Describe the items of Revenue Budget and Capital Budget of the Government.

Correct Answer:
View Solution



Revenue Budget:
The revenue budget consists of the government’s income and expenditure on regular operations.

Revenue Receipts: Taxes (direct and indirect), non-tax revenues, grants, etc.
Revenue Expenditure: Salaries, interest payments, subsidies, pensions, and defense expenses.


Capital Budget:
The capital budget relates to long-term investments and financial activities.

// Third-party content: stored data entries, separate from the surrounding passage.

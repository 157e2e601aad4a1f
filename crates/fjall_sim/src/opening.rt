//! Openings of the database, and how its disk is left.

use crate::answer::{pairs, word};
use crate::session::{SHUT, Session};
use fjall_base::{Result, Slice};
use fjall_calls::{Config, Core, Engine, View};
use fjall_disk_memory::MemoryDisk;
use fjall_options::KeyspaceCreateOptions;
use fjall_recorder::{Handle, LineError, Parsed};
use std::alloc::Global;
use std::ops::Bound;

// Adds the pairs of the keyspace of a name.
fn show_keyspace(
    alloc: Global,
    core: &mut Engine<Handle>,
    name: &Slice,
    out: &mut String,
) -> Result<()> {
    let id = core.keyspace(name, KeyspaceCreateOptions::default(alloc)?)?;
    let everywhere = (Bound::Unbounded, Bound::Unbounded);
    let found = core.page_at(View::Present, id, &everywhere, false, usize::MAX)?;
    out.push_str(&format!(in alloc; "; {id} {} ", word(alloc, name)?)?)?;
    out.push_str(&pairs(alloc, &found)?)?;
    Ok(())
}

impl Session {
    /// Opens the database, and gives whether it was shut before.
    pub(crate) fn open(&mut self) -> Parsed<bool> {
        if self.core.is_some() {
            return Ok(false);
        }
        let disk = self.disk.share()?;
        let config = Config::new(self.alloc, "db")?;
        for ticket in &mut self.tickets {
            *ticket = None;
        }
        match Core::open(self.alloc, config, disk) {
            Ok(core) => {
                *self.core = Some(core);
                Ok(true)
            }
            Err(refused) => Err(LineError::Refused(refused.error)),
        }
    }

    /// Closes the database, and gives whether it was open before.
    pub(crate) fn close(&mut self) -> Parsed<bool> {
        let Some(core) = self.core.take() else {
            return Ok(false);
        };
        match core.close().1 {
            Ok(()) => Ok(true),
            Err(error) => Err(LineError::Refused(error)),
        }
    }

    /// The database lets its disk go, and syncs nothing.
    pub(crate) fn leave(&mut self) {
        if let Some(core) = self.core.take() {
            let _ = core.into_disk();
        }
    }

    /// Each file keeps at most so many of its unsynced bytes, and no database is open.
    pub(crate) fn lose(&mut self, keep: usize) -> Parsed<()> {
        self.leave();
        match self.disk.lose(self.alloc, keep) {
            Ok(()) => Ok(()),
            Err(error) => {
                self.is_lost = true;
                Err(LineError::Refused(error))
            }
        }
    }

    /// Puts another disk in the place of this one, and no database is open.
    pub(crate) fn replace(&mut self, disk: MemoryDisk) -> Parsed<()> {
        self.leave();
        self.disk.replace(self.alloc, disk)?;
        Ok(())
    }

    /// All that the database shows.
    pub(crate) fn show(&mut self) -> Parsed<String> {
        let alloc = self.alloc;
        let Some(core) = &mut *self.core else {
            return Ok(String::from_str(alloc, SHUT)?);
        };
        let names = core.list_keyspace_names()?;
        let mut out = format!(in alloc; "shows {}", core.visible_seqno())?;
        for name in &names {
            show_keyspace(alloc, core, name, &mut out)?;
        }
        Ok(out)
    }
}
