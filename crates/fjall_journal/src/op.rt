//! What a write does to its key.

ghost use Rattle.std.specs.Prelude.{◌≡◌, Err, MatchOption, Ok};
ghost use Rattle.std.specs.Option.{option_map};
ghost use Rattle.fjall_journal.specs.Ops.{bytes_in, items_refusal, kind_of, op_of, some_key_empty, some_key_too_long, some_value_too_long, value_in};

use crate::entry::ValueType;
use fjall_base::{Error, Result, UserKey, UserValue};

/// A key gets a value, or none. The weak removal acts as the other one; the journal alone tells them apart.
#[derive(Debug, Drop)]
pub enum Op {
    /// Gives the key this value.
    Put(UserValue),
    /// Takes the key and its value away.
    Remove,
    /// Does the same.
    RemoveWeak,
}

/// The same where the value is lent.
#[derive(Clone, Copy)]
pub enum OpRef<'a> {
    /// Gives the key this value.
    Put(&'a [u8]),
    /// Takes the key and its value away.
    Remove,
    /// Does the same.
    RemoveWeak,
}

/// An item of a batch: the id of a keyspace, a key, and what becomes of it.
pub type BatchItem = (u64, UserKey, Op);

impl Op {
    /// The value's bytes in the journal, none for a removal.
    pub fn bytes(&self) -> &[u8]
        ensures { result.now ≡ bytes_in self.now }
    {
        match self {
            Op::Put(value) => value,
            Op::Remove | Op::RemoveWeak => &[],
        }
    }

    /// The type of the item in the journal.
    pub fn value_type(&self) -> ValueType
        ensures { result ≡ kind_of self.now }
    {
        match self {
            Op::Put(_) => ValueType::Value,
            Op::Remove => ValueType::Tombstone,
            Op::RemoveWeak => ValueType::WeakTombstone,
        }
    }

    /// The same, lent.
    pub fn lend(&self) -> OpRef<'_>
        ensures { op_of result ≡ self.now }
    {
        match self {
            Op::Put(value) => OpRef::Put(value.as_slice()),
            Op::Remove => OpRef::Remove,
            Op::RemoveWeak => OpRef::RemoveWeak,
        }
    }
}

impl<'a> OpRef<'a> {
    /// The value that the key has afterwards, where it has one.
    pub fn value(self) -> Option<&'a [u8]>
        ensures { option_map (λ v. v.now) result ≡ value_in (op_of self.entry) }
    {
        match self {
            OpRef::Put(value) => Some(value),
            OpRef::Remove | OpRef::RemoveWeak => None,
        }
    }

    /// The value's bytes in the journal, none for a removal.
    pub fn bytes(self) -> &'a [u8]
        ensures { result.now ≡ bytes_in (op_of self.entry) }
    {
        match self {
            OpRef::Put(value) => value,
            OpRef::Remove | OpRef::RemoveWeak => &[],
        }
    }

    /// The type of the item in the journal.
    pub fn value_type(self) -> ValueType
        ensures { result ≡ kind_of (op_of self.entry) }
    {
        match self {
            OpRef::Put(_) => ValueType::Value,
            OpRef::Remove => ValueType::Tombstone,
            OpRef::RemoveWeak => ValueType::WeakTombstone,
        }
    }
}

/// Whether some key is empty.
pub fn has_empty_key(items: &[BatchItem]) -> bool
    ensures { result ≡ some_key_empty items.now }
{
    items.iter().any(|item| item.1.as_slice().is_empty())
}

/// Whether some key has more than 65,535 bytes.
pub fn has_key_too_long(items: &[BatchItem]) -> bool
    ensures { result ≡ some_key_too_long items.now }
{
    items.iter().any(|item| item.1.len() > 65_535)
}

/// Whether some value has more than 4,294,967,295 bytes.
pub fn has_value_too_long(items: &[BatchItem]) -> bool
    ensures { result ≡ some_value_too_long items.now }
{
    items
        .iter()
        .any(|item| item.2.bytes().len() > 4_294_967_295)
}

/// Refuses items that no batch can have, cause by cause over all of them: an empty key, a key of more than 65,535
/// bytes, a value of more than 4,294,967,295, and more than 4,294,967,295 items.
pub fn check_items(items: &[BatchItem]) -> Result<()>
    ensures { MatchOption (items_refusal items.now) (result ≡ Ok tt) (λ e. result ≡ Err e) }
{
    if has_empty_key(items) {
        return Err(Error::KeyEmpty);
    }
    if has_key_too_long(items) {
        return Err(Error::KeyTooLong);
    }
    if has_value_too_long(items) {
        return Err(Error::ValueTooLong);
    }
    if items.len() > 4_294_967_295 {
        return Err(Error::TooManyItems);
    }
    Ok(())
}
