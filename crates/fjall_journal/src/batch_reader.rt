//! A reader of a journal, batch by batch.

ghost use Rattle.std.specs.Prelude.{◌≡◌, ◌-◌, ◌≤◌, length, false};
ghost use Rattle.fjall_journal.specs.Reader.{Reading, Next};

use crate::batch::{Batch, Stop, Tail};
use crate::parsing::batch_of;
use bytes::Bytes;
use fjall_base::{Error, Result};
use std::alloc::Global;
use std::marker::Model;

/// The whole batches of a journal's text, in order, and then once the damage behind them, if there is one. Their keys and
/// values are parts of the text. Where memory runs out, the reader is as it was, and the next call tries again.
#[derive(Drop)]
pub struct JournalBatchReader<'a> {
    alloc: Global,
    text: &'a Bytes,
    rest: &'a [u8],
    over: bool,
    tail: Tail,
}

impl<'a> Model for JournalBatchReader<'a> {
    ghost use Rattle.fjall_journal.specs.Reader.{Reading};
    ghost use Rattle.fjall_journal.specs.Reading.{IsRestOf};

    ghost Value = { Reading };

    ghost view = { λ r. record { text = r.text.now; rest = r.rest.now; over = r.over; tail = r.tail } };

    ghost invariant = { λ r. IsRestOf r.text.now r.rest.now };
}

impl<'a> JournalBatchReader<'a> {
    /// A reader at the beginning of the text.
    pub fn new(alloc: Global, text: &'a Bytes) -> JournalBatchReader<'a>
        ensures text { result.text ≡ text.now }
        ensures rest { result.rest ≡ text.now }
        ensures over { result.over ≡ false }
    {
        JournalBatchReader {
            alloc,
            text,
            rest: text.as_slice(),
            over: false,
            tail: Tail::Clean,
        }
    }

    /// Where the batches that were answered end.
    pub fn end(&self) -> usize
        ensures { result ≡ length self.now.text - length self.now.rest }
    {
        self.text.len() - self.rest.len()
    }

    /// What stands behind the whole batches, once `next` answered a damage or none.
    pub fn tail(&self) -> Tail
        ensures { result ≡ self.now.tail }
    {
        self.tail
    }
}

impl<'a> Iterator for JournalBatchReader<'a> {
    type Item = Result<Batch>;

    ghost next_gives = { Next };

    fn next(&mut self) -> Option<Result<Batch>> {
        if self.over {
            return None;
        }
        match batch_of(self.alloc, self.text, self.rest) {
            Ok((batch, after)) => {
                self.rest = after;
                Some(Ok(batch))
            }
            Err(Stop::Memory) => Some(Err(Error::OutOfMemory)),
            Err(Stop::Tail(tail)) => {
                self.over = true;
                self.tail = tail;
                match tail {
                    Tail::Damaged(damage) => Some(Err(Error::JournalRecovery(damage))),
                    Tail::Clean | Tail::Torn => None,
                }
            }
        }
    }
}
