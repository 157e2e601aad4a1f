//! A journal's text as a whole.

ghost use Rattle.std.specs.Prelude.{◌≡◌, ℕ, List, drop, map, IfOk, IsOkUnless};
ghost use Rattle.fjall_journal.specs.Batches.{view, shown, Written, IsWhole, IsTail};
ghost use Rattle.fjall_journal.specs.Reader.{Next};

use crate::batch::{Batch, Tail};
use crate::batch_reader::JournalBatchReader;
use bytes::Bytes;
use fjall_base::{Error, Result};
use std::alloc::Global;

/// What a journal's text holds.
#[derive(Drop)]
pub struct Contents {
    /// The whole batches at its front, in order.
    pub batches: Vec<Batch>,
    /// Where they end.
    pub end: usize,
    /// What stands there.
    pub tail: Tail,
}

/// The reader's `next`. A loop that calls it by this name ends by a measure of its own: a reader alone isn't known to
/// end, since it can be called again for want of memory.
pub fn next_batch(reader: &mut JournalBatchReader<'_>) -> Option<Result<Batch>>
    ensures { Next reader.old result reader.new }
{
    reader.next()
}

/// Reads a journal's text, which is copied once. Only memory may be missing: a damage is no error here, but a tail.
pub fn read_journal(alloc: Global, text: &[u8]) -> Result<Contents>
    // The batches stand at the front, up to the end, and no batch stands there.
    ensures whole { IfOk result (λ c. (bs : List Written) × (map view c.batches.items ≡ map shown bs) × IsWhole text.now bs c.end) }
    // The tail is what stands there.
    ensures tail { IfOk result (λ c. IsTail (drop c.end text.now) c.tail) }
    // No other batches stand there.
    ensures only { IfOk result (λ c. (bs : List Written) (end : ℕ) → IsWhole text.now bs end → (map shown bs ≡ map view c.batches.items) × (end ≡ c.end)) }
    ensures cause { IsOkUnless result Error.OutOfMemory }
{
    let mut batches = Vec::new(alloc);
    let shared = Bytes::copy_from_slice(alloc, text)?;
    let mut reader = JournalBatchReader::new(alloc, &shared);
    loop {
        match next_batch(&mut reader) {
            Some(Ok(batch)) => batches.push(batch)?,
            Some(Err(Error::JournalRecovery(_))) => {}
            Some(Err(error)) => return Err(error),
            None => {
                return Ok(Contents {
                    batches,
                    end: reader.end(),
                    tail: reader.tail(),
                });
            }
        }
    }
}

Capital Receipts: Loans, borrowings, disinvestment, recovery of loans.
Capital Expenditure: Infrastructure development, machinery, long-term projects, and loan repayments. Quick Tip: The revenue budget deals with day-to-day operations, while the capital budget is concerned with long-term investments and borrowings.


Question 27:

Describe the types of price elasticity of demand and the factors affecting elasticity of demand.

Correct Answer:
View Solution



Types of Price Elasticity of Demand:

Perfectly Elastic Demand: A small change in price causes an infinite change in demand (horizontal demand curve).
Elastic Demand: Percentage change in demand is greater than percentage change in price.
Unitary Elastic Demand: Percentage change in demand is equal to percentage change in price.
Inelastic Demand: Percentage change in demand is less than percentage change in price.
Perfectly Inelastic Demand: Demand does not change despite a change in price (vertical demand curve).


Factors Affecting Elasticity of Demand:

Availability of Substitutes: More substitutes make demand more elastic.
Necessity vs Luxury: Necessities have inelastic demand, luxuries have elastic demand.
Time Period: Demand is more elastic in the long run than in the short run.
Proportion of Income: Goods taking a higher share of income have more elastic demand. Quick Tip: Price elasticity measures responsiveness of demand to price changes. Availability of substitutes, income levels, and the nature of goods strongly affect elasticity.


OR
Question 27:

Explain the process of price determination of a commodity in a perfectly competitive market with the help of a diagram.

Correct Answer:
View Solution



In a perfectly competitive market, the price of a commodity is determined by the interaction of supply and demand. The equilibrium price is set where the demand curve intersects the supply curve. At this price, the quantity demanded equals the quantity supplied.


Diagram Explanation:

The demand curve is downward sloping, and the supply curve is upward sloping. Their intersection determines equilibrium price and quantity. Firms are price takers, meaning they accept the market price as given.



Quick Tip: In a perfectly competitive market, price is determined by the intersection of market supply and demand, and firms act as price takers.